Find each line in the records below that contains the word "FitsPrefix", and copy it out.

Segment Open

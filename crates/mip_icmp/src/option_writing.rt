//! The options of a message, as they are written.

ghost use Rattle.std.specs.Prelude.{◌≡◌, ◌++◌, ◌<◌, ◌^◌, OnOk, IfSome};
ghost use Rattle.mip_icmp.specs.Spelling.{prefix_bytes, interval_bytes, agent_bytes, set_bytes};
ghost use Rattle.mip_icmp.specs.SpellingLaws.{FitsPrefix, FitsAgent, FitsSet};

use crate::agent_info::AgentInfo;
use crate::options::IcmpSet;
use crate::prefix_info::PrefixInfo;
use mip_words::{Bytes, Memory, u16_bytes, u32_bytes};

/// Appends the option 3, where it is present.
fn put_prefix(out: &mut Bytes, prefix: Option<PrefixInfo>) -> Result<(), Memory>
    ensures bytes { OnOk result (out.new ≡ out.old ++ prefix_bytes prefix) }
    ensures fits { IfSome prefix FitsPrefix }
{
    let Some(info) = prefix else {
        return Ok(());
    };
    out.extend(&[3, 4, info.length, info.flags])?;
    out.extend(&u32_bytes(info.valid))?;
    out.extend(&u32_bytes(info.preferred))?;
    out.extend(&[0; 4])?;
    out.extend(&info.address.bytes())
}

/// Appends the option 7, where it is present.
fn put_interval(out: &mut Bytes, interval: Option<u32>) -> Result<(), Memory>
    ensures bytes { OnOk result (out.new ≡ out.old ++ interval_bytes interval) }
    ensures fits { IfSome interval (λ n. n < 2 ^ 32) }
{
    let Some(interval) = interval else {
        return Ok(());
    };
    out.extend(&[7, 1, 0, 0])?;
    out.extend(&u32_bytes(interval))
}

/// Appends the option 8, where it is present.
fn put_agent(out: &mut Bytes, agent: Option<AgentInfo>) -> Result<(), Memory>
    ensures bytes { OnOk result (out.new ≡ out.old ++ agent_bytes agent) }
    ensures fits { IfSome agent FitsAgent }
{
    let Some(info) = agent else {
        return Ok(());
    };
    out.extend(&[8, 1, 0, 0])?;
    out.extend(&u16_bytes(info.preference))?;
    out.extend(&u16_bytes(info.life))
}

/// Appends the options, in the order 3, 7, 8.
#[tactic(auto, unfolding(crate::specs::Spelling::set_bytes))]
pub(crate) fn put_options(out: &mut Bytes, options: IcmpSet) -> Result<(), Memory>
    ensures bytes { OnOk result (out.new ≡ out.old ++ set_bytes options) }
    ensures fits { OnOk result (FitsSet options) }
{
    put_prefix(out, options.prefix)?;
    put_interval(out, options.interval)?;
    put_agent(out, options.agent)
}
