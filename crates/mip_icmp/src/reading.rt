ghost use Rattle.std.specs.Prelude.{◌≡◌, ◌≤◌, length, Ok, IfOk};
ghost use Rattle.mip_words.specs.Steps.{Gives};
ghost use Rattle.mip_icmp.specs.Said.{Said, said, HasSpan};
ghost use Rattle.mip_icmp.specs.Fields.{least_size, is_known};
ghost use Rattle.mip_icmp.specs.Reading.{kind_of, fields_in, icmp_of};
ghost use Rattle.mip_icmp.specs.Spelling.{IsIcmp};

use crate::advertisement::advertisement_of;
use crate::discovery::agents_of;
use crate::fault::IcmpFault;
use crate::message::Icmp;
use crate::parameter::parameter_of;
use crate::prefixes::prefixes_of;
use mip_ipv6::checksum_holds;
use mip_words::{Address, u16_at};

/// The protocol number of ICMPv6.
pub(crate) const PROTO: u8 = 58;

/// The type of a message, after all tests that come before its fields.
#[tactic(auto, unfolding(crate::specs::Reading::kind_of))]
fn checked(source: Address, destination: Address, body: &[u8]) -> Result<u8, IcmpFault>
    requires { length body.now ≤ 65535 }
    ensures exact { Gives (λ t. t) result (kind_of source destination body.now) }
    ensures long { IfOk result (λ t. least_size t ≤ length body.now) }
{
    if body.len() < 8 || (body[0] == 134 && body.len() < 16) {
        return Err(IcmpFault::Short);
    }
    if !checksum_holds(source, destination, PROTO, body) {
        return Err(IcmpFault::Checksum);
    }
    let kind = body[0];
    let code = body[1];
    if !is_known(kind) || code != 0 {
        return Err(IcmpFault::Unknown { kind, code });
    }
    Ok(kind)
}

/// Whether Mobile IPv6 uses this type.
fn is_known(kind: u8) -> bool
    ensures { result ≡ is_known kind }
{
    matches!(kind, 4 | 134 | 144..=147)
}

/// The fields of a message of a known type.
#[tactic(auto, unfolding(crate::specs::Reading::fields_in))]
fn fields_of(kind: u8, body: &[u8]) -> Result<Icmp<'_>, IcmpFault>
    requires long { least_size kind ≤ length body.now }
    ensures exact { Gives said result (fields_in kind body.now) }
    ensures span { IfOk result (HasSpan body.now) }
{
    match kind {
        4 => Ok(parameter_of(body)),
        134 => advertisement_of(body),
        144 => Ok(Icmp::DiscoverAsk {
            identifier: u16_at(body, 4),
        }),
        145 => agents_of(body),
        146 => Ok(Icmp::PrefixAsk {
            identifier: u16_at(body, 4),
        }),
        _ => prefixes_of(body),
    }
}

/// What the message says, by all tests in their order.
#[tactic(auto, unfolding(crate::specs::Reading::icmp_of))]
fn message_of(source: Address, destination: Address, body: &[u8]) -> Result<Icmp<'_>, IcmpFault>
    requires { length body.now ≤ 65535 }
    ensures exact { Gives said result (icmp_of source destination body.now) }
    ensures span { IfOk result (HasSpan body.now) }
{
    let kind = checked(source, destination, body)?;
    fields_of(kind, body)
}

/// What an ICMPv6 message between these addresses says. The source is that of the Home Address option and
/// the destination that of the routing header, where the packet has them (RFC 8200 section 8.1).
pub fn read_icmp(source: Address, destination: Address, body: &[u8]) -> Result<Icmp<'_>, IcmpFault>
    requires { length body.now ≤ 65535 }
    ensures found { IfOk result (λ m. IsIcmp source destination (said m) body.now) }
    ensures only { (m : Said) → IsIcmp source destination m body.now → Gives said result (Ok m) }
    ensures exact { Gives said result (icmp_of source destination body.now) }
    ensures span { IfOk result (HasSpan body.now) }
{
    message_of(source, destination, body)
}
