//! Parameter Problem, type 4 (RFC 4443 section 3.4).

ghost use Rattle.std.specs.Prelude.{◌≡◌, ◌≤◌, ◌<◌, ◌^◌, ◌++◌, length, OnOk};
ghost use Rattle.mip_icmp.specs.Said.{Parameter, said, HasSpan};
ghost use Rattle.mip_icmp.specs.Reading.{parameter_in};
ghost use Rattle.mip_icmp.specs.Spelling.{unsummed};

use crate::message::Icmp;
use mip_words::{Bytes, Memory, u32_at, u32_bytes};

#[tactic(auto, unfolding(crate::specs::Reading::parameter_in))]
pub(crate) fn parameter_of(body: &[u8]) -> Icmp<'_>
    requires { 8 ≤ length body.now }
    ensures value { said result ≡ parameter_in body.now }
    ensures span { HasSpan body.now result }
{
    let (_, quoted) = body.split_at(8);
    Icmp::Parameter {
        pointer: u32_at(body, 4),
        quoted,
    }
}

/// Appends the message with a checksum of zero.
#[tactic(auto, unfolding(crate::specs::Spelling::unsummed))]
pub(crate) fn put_parameter(out: &mut Bytes, pointer: u32, quoted: &[u8]) -> Result<(), Memory>
    ensures bytes { OnOk result (out.new ≡ out.old ++ unsummed (Parameter pointer quoted.now)) }
    ensures fits { pointer < 2 ^ 32 }
{
    out.extend(&[4, 0, 0, 0])?;
    out.extend(&u32_bytes(pointer))?;
    out.extend(quoted)
}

Segment Closed

**SOLVED PROBLEM**
ghost use Rattle.mip_icmp.specs.SpellingLaws.{FitsPrefix, FitsAgent, FitsSet};
    ensures fits { IfSome prefix FitsPrefix }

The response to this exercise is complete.